> **What this task involves**:
Return the full listing, character for character.

(Beginning of Source material)

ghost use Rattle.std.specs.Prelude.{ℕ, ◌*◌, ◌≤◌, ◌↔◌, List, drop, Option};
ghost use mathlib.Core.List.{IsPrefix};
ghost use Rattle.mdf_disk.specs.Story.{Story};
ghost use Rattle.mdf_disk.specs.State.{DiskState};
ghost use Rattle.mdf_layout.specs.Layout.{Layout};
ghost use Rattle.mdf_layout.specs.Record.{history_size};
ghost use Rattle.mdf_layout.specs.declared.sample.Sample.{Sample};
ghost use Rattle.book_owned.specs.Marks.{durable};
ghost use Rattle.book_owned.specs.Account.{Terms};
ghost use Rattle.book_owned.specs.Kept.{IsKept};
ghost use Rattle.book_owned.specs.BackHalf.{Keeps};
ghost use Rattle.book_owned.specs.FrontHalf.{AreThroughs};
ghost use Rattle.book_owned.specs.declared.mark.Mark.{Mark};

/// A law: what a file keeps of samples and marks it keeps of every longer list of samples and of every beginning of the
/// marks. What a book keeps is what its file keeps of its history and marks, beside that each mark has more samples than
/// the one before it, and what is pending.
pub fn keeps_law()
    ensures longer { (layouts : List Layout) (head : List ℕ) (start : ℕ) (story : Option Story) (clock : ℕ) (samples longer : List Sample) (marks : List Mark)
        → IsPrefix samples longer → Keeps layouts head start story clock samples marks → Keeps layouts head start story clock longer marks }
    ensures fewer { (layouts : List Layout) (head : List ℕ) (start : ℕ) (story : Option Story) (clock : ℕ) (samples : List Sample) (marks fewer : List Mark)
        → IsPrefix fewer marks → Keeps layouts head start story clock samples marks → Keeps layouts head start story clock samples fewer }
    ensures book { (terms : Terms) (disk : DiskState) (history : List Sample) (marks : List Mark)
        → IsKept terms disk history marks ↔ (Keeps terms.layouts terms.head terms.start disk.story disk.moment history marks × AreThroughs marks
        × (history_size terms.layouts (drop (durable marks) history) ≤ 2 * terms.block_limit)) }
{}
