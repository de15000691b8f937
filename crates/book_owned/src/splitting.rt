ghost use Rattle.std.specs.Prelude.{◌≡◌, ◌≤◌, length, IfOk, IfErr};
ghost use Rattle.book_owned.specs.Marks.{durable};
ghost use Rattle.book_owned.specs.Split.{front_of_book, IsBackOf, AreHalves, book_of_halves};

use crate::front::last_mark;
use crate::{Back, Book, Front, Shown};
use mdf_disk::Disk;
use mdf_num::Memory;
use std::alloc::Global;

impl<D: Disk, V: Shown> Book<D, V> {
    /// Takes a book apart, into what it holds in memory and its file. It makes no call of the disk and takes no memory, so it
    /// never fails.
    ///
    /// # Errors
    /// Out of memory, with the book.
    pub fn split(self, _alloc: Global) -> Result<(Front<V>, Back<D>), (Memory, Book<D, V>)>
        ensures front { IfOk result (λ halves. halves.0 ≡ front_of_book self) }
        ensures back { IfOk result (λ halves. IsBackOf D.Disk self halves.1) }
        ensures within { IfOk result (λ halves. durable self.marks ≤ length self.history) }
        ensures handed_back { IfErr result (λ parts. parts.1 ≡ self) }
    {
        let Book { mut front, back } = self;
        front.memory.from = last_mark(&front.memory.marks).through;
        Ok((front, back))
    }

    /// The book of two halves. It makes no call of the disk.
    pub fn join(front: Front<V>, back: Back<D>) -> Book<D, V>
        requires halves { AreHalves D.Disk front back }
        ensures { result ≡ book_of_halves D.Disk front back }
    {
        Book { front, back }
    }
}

(End of Source material)

> **Response to this exercise**:
ghost use Rattle.std.specs.Prelude.{ℕ, ◌*◌, ◌≤◌, ◌↔◌, List, drop, Option};
ghost use mathlib.Core.List.{IsPrefix};
ghost use Rattle.mdf_disk.specs.Story.{Story};
ghost use Rattle.mdf_disk.specs.State.{DiskState};
ghost use Rattle.mdf_layout.specs.Layout.{Layout};
ghost use Rattle.mdf_layout.specs.Record.{history_size};
ghost use Rattle.mdf_layout.specs.declared.sample.Sample.{Sample};
ghost use Rattle.book_owned.specs.Marks.{durable};
ghost use Rattle.book_owned.specs.Account.{Terms};
ghost use Rattle.book_owned.specs.Kept.{IsKept};
ghost use Rattle.book_owned.specs.BackHalf.{Keeps};
ghost use Rattle.book_owned.specs.FrontHalf.{AreThroughs};
ghost use Rattle.book_owned.specs.declared.mark.Mark.{Mark};

/// A law: what a file keeps of samples and marks it keeps of every longer list of samples and of every beginning of the
/// marks. What a book keeps is what its file keeps of its history and marks, beside that each mark has more samples than
/// the one before it, and what is pending.
pub fn keeps_law()
    ensures longer { (layouts : List Layout) (head : List ℕ) (start : ℕ) (story : Option Story) (clock : ℕ) (samples longer : List Sample) (marks : List Mark)
        → IsPrefix samples longer → Keeps layouts head start story clock samples marks → Keeps layouts head start story clock longer marks }
    ensures fewer { (layouts : List Layout) (head : List ℕ) (start : ℕ) (story : Option Story) (clock : ℕ) (samples : List Sample) (marks fewer : List Mark)
        → IsPrefix fewer marks → Keeps layouts head start story clock samples marks → Keeps layouts head start story clock samples fewer }
    ensures book { (terms : Terms) (disk : DiskState) (history : List Sample) (marks : List Mark)
        → IsKept terms disk history marks ↔ (Keeps terms.layouts terms.head terms.start disk.story disk.moment history marks × AreThroughs marks
        × (history_size terms.layouts (drop (durable marks) history) ≤ 2 * terms.block_limit)) }
{}
repository de15000691b8f937
filename crates/book_owned/src/splitting.rt
ghost use Rattle.std.specs.Prelude.{◌≡◌, ◌≤◌, length, IfOk, IfErr};
ghost use Rattle.book_owned.specs.Marks.{durable};
ghost use Rattle.book_owned.specs.Split.{front_of_book, IsBackOf, AreHalves, book_of_halves};

use crate::front::last_mark;
use crate::{Back, Book, Front, Shown};
use mdf_disk::Disk;
use mdf_num::Memory;
use std::alloc::Global;

impl<D: Disk, V: Shown> Book<D, V> {
    /// Takes a book apart, into what it holds in memory and its file. It makes no call of the disk and takes no memory, so it
    /// never fails.
    ///
    /// # Errors
    /// Out of memory, with the book.
    pub fn split(self, _alloc: Global) -> Result<(Front<V>, Back<D>), (Memory, Book<D, V>)>
        ensures front { IfOk result (λ halves. halves.0 ≡ front_of_book self) }
        ensures back { IfOk result (λ halves. IsBackOf D.Disk self halves.1) }
        ensures within { IfOk result (λ halves. durable self.marks ≤ length self.history) }
        ensures handed_back { IfErr result (λ parts. parts.1 ≡ self) }
    {
        let Book { mut front, back } = self;
        front.memory.from = last_mark(&front.memory.marks).through;
        Ok((front, back))
    }

    /// The book of two halves. It makes no call of the disk.
    pub fn join(front: Front<V>, back: Back<D>) -> Book<D, V>
        requires halves { AreHalves D.Disk front back }
        ensures { result ≡ book_of_halves D.Disk front back }
    {
        Book { front, back }
    }
}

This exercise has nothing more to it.